# Will these emotional waves ever stop , ever ?



## whitehawk (Aug 14, 2012)

Hi people .
Will it ever end , I feel like I can't take much more. 2o times I've I'm ok now and 20 times I've sunk again.
Only just last week I felt like I was finally done but this last few days and it's here I go again, probably almost as low again as at any other point. 

It's only been a bit over 4 mths since we split , not long after 18yrs I guess but it's just so fkg hard . I was over there last night to be with my daughter too and you have to do it and of course you want to but every time - the next day - whack !
I mean my ex made me tea , desert , went out for a few hrs so we could be alone for awhile . Later she comes home , throws on a dvd , me and my D are just messing about. But it's in this new house , a house she's moved from out of our own home to and into , here I am spending evenings there now to be with my own daughter - it's mad,
Craziest thing is ex and I just talk away around this new home of hers , or on the way out as I go again for well, an hour last night . And then I go home.

No wonder I've hit another low , Jesus ! 
Plus I'm alone round here , there's no one really.

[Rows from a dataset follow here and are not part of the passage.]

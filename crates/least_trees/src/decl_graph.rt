//! A set of declarations as a graph of steps.

ghost use Rattle.std.specs.Prelude.{◌≡◌, ◌≤◌, ◌<◌, ◌+◌, ℕ, List, map, option_map, slice_get, Option, IsTrue, ◌↔◌};
ghost use Rattle.std.specs.Option.{option_copied};
ghost use Rattle.decl_set.specs.Declarations.{Declarations};
ghost use Rattle.decl_set.specs.Steps.{steps_at};
ghost use Rattle.tree_costs.specs.Costs.{sum as cost_sum};
ghost use Rattle.tree_costs.specs.Leasts.{place_of};
ghost use Rattle.least_trees.specs.SetPlanned.{is_plan};
ghost use Rattle.least_trees.specs.Rules.{IsLess};
ghost use Rattle.least_trees.specs.SetPlans.{plan_of};

use crate::graph::{StepGraph, Worth};
use decl_set::DeclSet;
use position_automata::Automaton;
use tree_costs::{Cost, at_most, sum};

impl Worth for Cost {
    ghost cost = { λ c. c };
}

/// The graph of a set: its elements in order of declaration, each of weight 1, with the states and steps of their contents.
#[derive(Drop)]
pub struct DeclGraph<'a> {
    set: &'a DeclSet,
    cap: u32,
    looks: u64,
    sums: u64,
    ghost small: { cap ≤ 100000 },
}

/// The automaton of the element at a place.
fn automaton_at(set: &DeclSet, e: usize) -> Option<&Automaton>
    ensures { option_copied result ≡ option_map (λ x. x.1) (slice_get set.now.elements e) }
{
    let _ = set.count();
    match set.name_at(e) {
        None => None,
        Some(name) => set.automaton_of(name),
    }
}

/// The k-th step of a state of the element at a place, with the place of the step's element.
fn child_step(set: &DeclSet, e: usize, state: u32, k: usize) -> Option<(Option<usize>, u32)>
    ensures { result ≡ slice_get (map (λ s. (place_of set.now s.0, s.1)) (steps_at set.now (slice_get set.now.elements e) state)) k }
{
    set.child_at(e, state, k)
}

impl<'a> DeclGraph<'a> {
    /// The graph of a set. It takes no memory; nothing was looked at or added yet.
    pub fn new(set: &'a DeclSet, cap: u32) -> DeclGraph<'a>
        requires { cap ≤ 100000 }
        ensures plan { ⟦<DeclGraph<'a> as StepGraph>⟧.plan result ≡ plan_of set.now cap }
        ensures looks { ⟦<DeclGraph<'a> as StepGraph>⟧.looks result ≡ 0 }
        ensures sums { ⟦<DeclGraph<'a> as StepGraph>⟧.sums result ≡ 0 }
    {
        DeclGraph {
            set,
            cap,
            looks: 0,
            sums: 0,
        }
    }
}

impl<'a> StepGraph for DeclGraph<'a> {
    type Value = Cost;

    ghost plan = { λ g. plan_of g.set.now g.cap };

    ghost looks = { λ g. g.looks };

    ghost sums = { λ g. g.sums };

    ghost formed = { λ g. is_plan g.set.now g.cap g.small };

    fn count(&self) -> usize {
        self.set.count()
    }

    fn states(&self, e: usize) -> u32 {
        match automaton_at(self.set, e) {
            None => 0,
            Some(automaton) => automaton.states(),
        }
    }

    fn accepts(&self, e: usize, state: u32) -> bool {
        match automaton_at(self.set, e) {
            None => false,
            Some(automaton) => state < automaton.states() && automaton.accepts_at(state),
        }
    }

    fn look(&mut self, e: usize, state: u32, k: usize) -> Option<(Option<usize>, u32)> {
        self.looks += 1;
        child_step(self.set, e, state, k)
    }

    fn weight(&self, _e: usize) -> Cost {
        Cost::Fin(1)
    }

    fn zero(&self) -> Cost {
        Cost::Fin(0)
    }

    fn inf(&self) -> Cost {
        Cost::Inf
    }

    fn sum(&mut self, left: Cost, right: Cost) -> Cost {
        self.sums += 1;
        sum(left, right, self.cap)
    }

    fn less(&self, left: Cost, right: Cost) -> bool {
        !at_most(right, left)
    }
}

Then the house itself is empty now .

I'm doing all the stuff I'm suppose too these days , have well mostly from about the 2nd -3rd week . Accept the 180 business is a bit confusing here too as I was the one that had an EA and among other things , caused a lot of this and her a lot of pain. That part gets complicated and it's all in here somewhere anyway but that does make well , basically ignoring her at those times , confusing. Although she did this , she's still in a lot of pain from my doing you could say.

The rest of the 180 stuff I do do but we do still talk all the time especially if I'm over there - that's 1/2 for my daughter's sake and 1/2 that it just happens . If we're not getting back together though sometimes it's hard to know if that does me more harm than good though in healing.

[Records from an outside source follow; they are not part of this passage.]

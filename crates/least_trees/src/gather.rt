//! The rules of a graph. Each step is looked at once.

ghost use Rattle.std.specs.Prelude.{◌≡◌, ◌+◌, ◌++◌, ◌∷◌, [], ◌^◌, ◌<◌, ◌≤◌, length, IfOk, OnOk, IfSome, slice_index};
ghost use Rattle.least_trees.specs.Plans.{states_in, steps_in, steps_within};
ghost use Rattle.least_trees.specs.Spots.{base, first_spots, step_rules, rules_of_steps, state_rules, rules_within, top_rule, all_rules};

use crate::graph::StepGraph;
use crate::rules::Rule;
use jats_chars::NoMemory;
use std::alloc::Global;

fn push_step(
    rules: &mut Vec<Rule>,
    count: usize,
    first: usize,
    state: u32,
    inner: Option<usize>,
    next: u32,
) -> Result<(), NoMemory>
    requires state { first + state < 2 ^ 32 }
    requires next { first + next < 2 ^ 32 }
    requires inner { IfSome inner (λ x. count + x < 2 ^ 32) }
    ensures { OnOk result (rules.new.items ≡ rules.old.items ++ step_rules count first state (inner, next)) }
{
    if let Some(x) = inner {
        rules.push(Rule {
            target: (first + state as usize) as u32,
            left: (count + x) as u32,
            right: (first + next as usize) as u32,
        })?;
    }
    Ok(())
}

/// Appends the rules of a state's steps, and looks once at each step and once past the last.
fn gather_steps<G: StepGraph>(
    graph: &mut G,
    e: usize,
    state: u32,
    count: usize,
    first: usize,
    rules: &mut Vec<Rule>,
) -> Result<(), NoMemory>
    requires element { e < (G.plan graph.old).count }
    requires state { state < (G.plan graph.old).states e }
    requires first { first + (G.plan graph.old).states e < 2 ^ 32 }
    requires count { count + (G.plan graph.old).count < 2 ^ 32 }
    requires room { G.looks graph.old + length ((G.plan graph.old).numbers.steps e state) + 1 < 2 ^ 63 }
    ensures rules { OnOk result (rules.new.items ≡ rules.old.items ++ rules_of_steps count first state ((G.plan graph.old).numbers.steps e state)) }
    ensures same { G.plan graph.new ≡ G.plan graph.old }
    ensures looks { G.looks graph.new ≤ G.looks graph.old + length ((G.plan graph.old).numbers.steps e state) + 1 }
    ensures sums { G.sums graph.new ≡ G.sums graph.old }
{
    let mut k: usize = 0;
    while let Some((inner, next)) = graph.look(e, state, k) {
        push_step(rules, count, first, state, inner, next)?;
        k += 1;
    }
    Ok(())
}

/// Appends the rules of a state: none where it accepts, since it costs 0 then.
fn gather_state<G: StepGraph>(
    graph: &mut G,
    e: usize,
    state: u32,
    count: usize,
    first: usize,
    rules: &mut Vec<Rule>,
) -> Result<(), NoMemory>
    requires element { e < (G.plan graph.old).count }
    requires state { state < (G.plan graph.old).states e }
    requires first { first ≡ base (G.plan graph.old) e }
    requires small { first + (G.plan graph.old).states e < 2 ^ 32 }
    requires count { count ≡ (G.plan graph.old).count }
    requires few { count + count < 2 ^ 32 }
    requires room { G.looks graph.old + length ((G.plan graph.old).numbers.steps e state) + 1 < 2 ^ 63 }
    ensures rules { OnOk result (rules.new.items ≡ rules.old.items ++ state_rules (G.plan graph.old) e state) }
    ensures same { G.plan graph.new ≡ G.plan graph.old }
    ensures looks { G.looks graph.new ≤ G.looks graph.old + length ((G.plan graph.old).numbers.steps e state) + 1 }
    ensures sums { G.sums graph.new ≡ G.sums graph.old }
{
    if graph.accepts(e, state) {
        return Ok(());
    }
    gather_steps(graph, e, state, count, first, rules)
}

/// Appends the rules of an element's states.
fn gather_states<G: StepGraph>(
    graph: &mut G,
    e: usize,
    count: usize,
    first: usize,
    rules: &mut Vec<Rule>,
) -> Result<(), NoMemory>
    requires element { e < (G.plan graph.old).count }
    requires first { first ≡ base (G.plan graph.old) e }
    requires small { first + (G.plan graph.old).states e < 2 ^ 32 }
    requires count { count ≡ (G.plan graph.old).count }
    requires few { count + count < 2 ^ 32 }
    requires room { G.looks graph.old + steps_within (G.plan graph.old) e ((G.plan graph.old).states e) + (G.plan graph.old).states e < 2 ^ 63 }
    ensures rules { OnOk result (rules.new.items ≡ rules.old.items ++ rules_within (G.plan graph.old) e ((G.plan graph.old).states e)) }
    ensures same { G.plan graph.new ≡ G.plan graph.old }
    ensures looks { G.looks graph.new ≤ G.looks graph.old + steps_within (G.plan graph.old) e ((G.plan graph.old).states e) + (G.plan graph.old).states e }
    ensures sums { G.sums graph.new ≡ G.sums graph.old }
{
    let states = graph.states(e);
    for state in 0..states {
        gather_state(graph, e, state, count, first, rules)?;
    }
    Ok(())
}

pub(crate) fn first_at(firsts: &[usize], e: usize) -> usize
    requires { e < length firsts.now }
    ensures { result ≡ slice_index firsts.now e }
{
    firsts[e]
}

/// The rules of a graph.
pub(crate) fn gather<G: StepGraph>(
    alloc: Global,
    graph: &mut G,
    firsts: &[usize],
    spots: usize,
) -> Result<Vec<Rule>, NoMemory>
    requires firsts { firsts.now ≡ first_spots (G.plan graph.old) (G.plan graph.old).count }
    requires spots { spots ≡ base (G.plan graph.old) (G.plan graph.old).count }
    requires few { spots < 2 ^ 32 }
    requires room { G.looks graph.old + steps_in (G.plan graph.old) + states_in (G.plan graph.old) < 2 ^ 63 }
    ensures rules { IfOk result (λ v. v.items ≡ all_rules (G.plan graph.old)) }
    ensures same { G.plan graph.new ≡ G.plan graph.old }
    ensures looks { G.looks graph.new ≤ G.looks graph.old + steps_in (G.plan graph.old) + states_in (G.plan graph.old) }
    ensures sums { G.sums graph.new ≡ G.sums graph.old }
{
    let count = graph.count();
    let mut rules = Vec::new(alloc);
    for e in 0..count {
        let first = first_at(firsts, e);
        rules.push(Rule {
            target: (count + e) as u32,
            left: e as u32,
            right: first as u32,
        })?;
        gather_states(graph, e, count, first, &mut rules)?;
    }
    Ok(rules)
}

All I do know for sure is that these lows just keep on coming , will they ever stop ?
I can't get out hardly at all apart from stuff I have to do , just don't have the money right now . And being out of all our towns on an ac , it costs you to even drive to a shop so when things are tight well .

I know one thing , if next pays a good one I'm filling the damn car up to the brim.


----------



## Bullwinkle (Feb 4, 2013)

Feeling your pain, Nighthawk. 

Same for me, I go over to the house, see my D, then not knowing what to say to WS is just agonizing. Most painful thing ever, isn't it?


----------



## whitehawk (Aug 14, 2012)

Sure is BW , craziest [email protected] I know l'll ever do and the stupidest thing is , we still get along really well ! In this new house of hers it's actually sometimes just like it's us again , a family , only there - until I actually think about it or go to leave.
My poor bloody daughter doesn't know how she's suppose to act either , about all this I mean . Her dad sees her of to bed and then leaves the house, can't get my head a round it !

Sorry about your stuff BW . How are things between you and the ex when your around each other now , or while your over there ?
How do you act with her , treat her ?
Does she stay to while your there ?

ps , how long ago did you split btw ?


----------



## Bullwinkle (Feb 4, 2013)

Sounds tough, WH. I did the same for a while - I would put D in the tub, get her ready for bed, read some stories to her, kiss her goodnight, then get in the car and drive back to my flat, alone.

That was before Christmas. Until then my W and I got along great, sitting in front of TV holding hands, close to reconciliation. But then her evil mother showed up from London and it was like Jeykill and Hyde, all of a sudden she started treating me lower than whale shyt and has been awful since. Quick example - no acknowledgement of my recent birthday.

Very hard to understand, very hard to deal with.


----------



## Conrad (Aug 6, 2010)

Whitehawk,

If it hurts you too much to be there, take your daughter somewhere else.


----------



## lucy mulholland (May 18, 2010)

OK, both of you - I'm at just about the 4 month mark, too, and I have to say I'm come through hell to another side (not pleasant at all yet, but not quite heartwrenching either). 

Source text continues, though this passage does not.